2) Appraisal Costs–costs associated with measuring, evaluating or auditing products or services to assure conformance with quality standards and performance standards.
After prevention, you must work on detection of defects, which means inspection of a product or auditing of processes in order to find out whether defects are occurring, and if so, what their root cause is of those defects that are detected.
3) Failure Costs (Internal and External)
Let’s say that a defect does occur. This is a quality failure. What do you do now? You must of course try to repair or rework those products which are found to have defects before sending them out to the consumer. The cost of this repair or rework is an internal failure cost, meaning a cost of correcting a quality failure that is detected while the product is internal to the company.
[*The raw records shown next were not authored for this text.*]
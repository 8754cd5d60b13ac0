//! Declared frames.

ghost use Rattle.std.specs.Prelude.{◌≡◌, ◌<◌, Some, is_some, length, slice_get};
ghost use Rattle.kilim_type_spec.specs.Typed.{declared};

use kilim_program::{Frame, Method};
use kilim_type_step::declared_at;

/// The entry of a number.
pub fn entry_at(frames: &[(u32, Frame)], at: usize) -> &(u32, Frame)
    requires { at < length frames.now }
    ensures { slice_get frames.now at ≡ Some result.now }
{
    &frames[at]
}

/// Whether a frame is declared at a place.
pub fn is_declared(method: &Method, at: u32) -> bool
    ensures { result ≡ is_some (declared method.now at) }
{
    declared_at(method, at).is_some()
}
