//! Rule 12: declared frames fit their method; and frames as they are listed.

ghost use Rattle.std.specs.Prelude.{◌≡◌, ◌<◌, ℕ, Some, IfOk, length, slice_get, option_map};
ghost use Rattle.std.specs.List.{list_all, list_any};
ghost use Rattle.kilim_program.specs.Lengths.{is_code_place};
ghost use Rattle.kilim_type_spec.specs.Step.{is_top, is_long};
ghost use Rattle.kilim_type_spec.specs.Typed.{frame_fits, stands_at_new, halves, is_proper, listed};
ghost use Rattle.kilim_type_spec.specs.Faults.{frame_fault};
ghost use Rattle.kilim_type_verify.specs.Frames.{half_at, locals_fit, types_fit};

use crate::stated::entry_at;
use kilim_program::{Frame, Instr, Method, VType};
use kilim_type_spec::VerifiedFrame;
use kilim_type_step::{State, are_within, has_unset_this, is_constructor, made_at, type_at, vtype};
use std::alloc::{AllocError, Global};

/// The rule of declared frames.
pub const NO_FIT: u8 = 12;

/// The instruction of a number, with its place.
pub fn code_at(code: &[(u32, Instr)], at: usize) -> &(u32, Instr)
    requires { at < length code.now }
    ensures { slice_get code.now at ≡ Some result.now }
{
    &code[at]
}

#[tactic(auto, using(crate::proofs::Framed::place_here, crate::proofs::Framed::place_on))]
fn is_code_place(code: &[(u32, Instr)], at: u32) -> bool
    ensures { result ≡ is_code_place code.now at }
{
    for index in 0..code.len() {
        let entry = code_at(code, index);
        if entry.0 == at {
            return true;
        }
    }
    false
}

fn is_top(t: &VType) -> bool
    ensures { result ≡ is_top t.now }
{
    match t {
        VType::Top => true,
        VType::Int
        | VType::Long
        | VType::Null
        | VType::UninitThis
        | VType::Uninit(_)
        | VType::Object(_) => false,
    }
}

fn has_top(types: &[VType]) -> bool
    ensures { result ≡ list_any is_top types.now }
{
    for t in types {
        if is_top(t) {
            return true;
        }
    }
    false
}

// An uninitialized type's place holds a `new`.
fn stands_at_new(method: &Method, t: &VType) -> bool
    ensures { result ≡ stands_at_new method.now t.now }
{
    match t {
        VType::Uninit(at) => made_at(method.code.as_slice(), *at).is_some(),
        VType::Top
        | VType::Int
        | VType::Long
        | VType::Null
        | VType::UninitThis
        | VType::Object(_) => true,
    }
}

fn is_proper(t: &VType) -> bool
    ensures { result ≡ is_proper t.now }
{
    match t {
        VType::Object(ty) => match vtype(*ty) {
            VType::Object(_) => true,
            VType::Top
            | VType::Int
            | VType::Long
            | VType::Null
            | VType::UninitThis
            | VType::Uninit(_) => false,
        },
        VType::Top
        | VType::Int
        | VType::Long
        | VType::Null
        | VType::UninitThis
        | VType::Uninit(_) => true,
    }
}

fn all_at_new(method: &Method, types: &[VType]) -> bool
    ensures { result ≡ list_all (stands_at_new method.now) types.now }
{
    for t in types {
        if !stands_at_new(method, t) {
            return false;
        }
    }
    true
}

fn all_proper(types: &[VType]) -> bool
    ensures { result ≡ list_all is_proper types.now }
{
    for t in types {
        if !is_proper(t) {
            return false;
        }
    }
    true
}

fn is_long(t: VType) -> bool
    ensures { result ≡ is_long t }
{
    match t {
        VType::Long => true,
        VType::Top
        | VType::Int
        | VType::Null
        | VType::UninitThis
        | VType::Uninit(_)
        | VType::Object(_) => false,
    }
}

// A long has its second half behind it.
fn half_follows(types: &[VType], at: usize) -> bool
    requires { at < length types.now }
    ensures { result ≡ half_at types.now at }
{
    if !is_long(type_at(types, at)) {
        return true;
    }
    at + 1 < types.len() && is_top(&type_at(types, at + 1))
}

#[tactic(auto, using(crate::proofs::Framed::half_on, crate::proofs::Framed::half_fails))]
fn halves(types: &[VType]) -> bool
    ensures { result ≡ halves types.now }
{
    for at in 0..types.len() {
        if !half_follows(types, at) {
            return false;
        }
    }
    true
}

fn locals_fit(method: &Method, frame: &Frame) -> bool
    ensures { result ≡ locals_fit method.now frame.now }
{
    frame.locals.len() <= usize::from(method.max_locals)
        && are_within(frame.stack.as_slice(), method.max_stack)
        && !has_top(frame.stack.as_slice())
        && halves(frame.locals.as_slice())
}

fn types_fit(method: &Method, types: &[VType]) -> bool
    ensures { result ≡ types_fit method.now types.now }
{
    all_at_new(method, types)
        && all_proper(types)
        && (is_constructor(method) || !has_unset_this(types))
}

#[tactic(auto, using(crate::proofs::Framed::fits_in_parts))]
fn frame_fits(method: &Method, at: u32, frame: &Frame) -> bool
    ensures { result ≡ frame_fits method.now (at, frame.now) }
{
    is_code_place(method.code.as_slice(), at)
        && locals_fit(method, frame)
        && types_fit(method, frame.locals.as_slice())
        && types_fit(method, frame.stack.as_slice())
}

/// The place of the first declared frame that doesn't fit.
#[tactic(auto, using(crate::proofs::Framed::frame_fails, crate::proofs::Framed::frame_passes))]
pub fn frame_fault(method: &Method) -> Option<u32>
    ensures { option_map (λ (at : ℕ). (at, 12)) result ≡ frame_fault method.now method.now.frames }
{
    let frames = method.frames.as_slice();
    for index in 0..frames.len() {
        let entry = entry_at(frames, index);
        if !frame_fits(method, entry.0, &entry.1) {
            return Some(entry.0);
        }
    }
    None
}

#[tactic(auto, using(crate::proofs::Framed::listed_is))]
/// The frame of types, which shares with the one before it, if there is one, what is the same.
pub fn listed(
    alloc: Global,
    method: &Method,
    state: &State,
    before: Option<&VerifiedFrame>,
) -> Result<VerifiedFrame, AllocError>
    ensures { IfOk result (λ frame. frame ≡ listed method.now state.now) }
{
    let locals = state.locals();
    let stack = state.stack();
    let count = method.max_locals;
    match before {
        None => VerifiedFrame::new(alloc, locals, count, stack),
        Some(frame) => frame.next(alloc, locals, count, stack),
    }
}
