//! The type verifier (JVMS 4.10.1): whether each method with code is well typed, the frame at each place, or the first fault.
#![tactic(auto)]

mod entry;
mod flows;
mod frames;
mod handlers;
mod place;
mod programs;
mod stated;
mod walk;

pub use programs::{TypeFault, verify};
There is the off chance that your detection methods may miss a product with defects, and those defects may be found out by the customer. In those cases, the costs are handled through a warranty program. However, if the defective product, such as an automobile, causes property damage to another vehicle or causes injury to another driver, it can become a product liability issue. Both of these costs are examples of an external failure cost, meaning a cost of correcting a quality failure that is detected while the product is external to the company, i.e., in the customer’s possession.
All three of these cost categories, prevention, appraisal, and failure costs, are what make the sum total of cost of quality.
Here’s a chart taken from the first chapter of their book which shows the relationship between the Sigma level of a company’s processes, what this translates into in terms of number of defects, and what the cost of quality is to create that sigma level expressed in terms of the percentage of sales revenue.
COST OF QUALITY | ||
Sigma Level | Defects per million opportunities | Cost of Quality (% of sales) |
2 (noncompetitive) | 308,537 | N.A. |
3 | 66,807 | 25-40% |
4 (industry average) | 6,210 | 15-25% |
5 | 233 | 5-15% |
6 (world class) | 3.4 | < 1% |
Note that, for each increase in sigma level, the cost to a company of nonconformance, what we have been calling, the “cost of quality”, gets reduced by about 10%, meaning that the net income of a company increases about 10% for each Sigma level.
So if you ask why so many companies put effort into raising their sigma level, the above chart tells the story: because it is one of the most readily available ways for any company to increase its income. So rather than asking a company why it is incorporating Six Sigma methods in its manufacturing and/or commercial processes, the better question is, why isn’t a company doing it? Now just because it is readily available, doesn’t mean that is it easy. Jack Welch, the CEO of GE for 20 years from 1981-2001, said that incorporating Six Sigma into GE’s processes was one of the most difficult “stretch goals” the company had ever undertaken. But it definitely ended up being one of the most rewarding.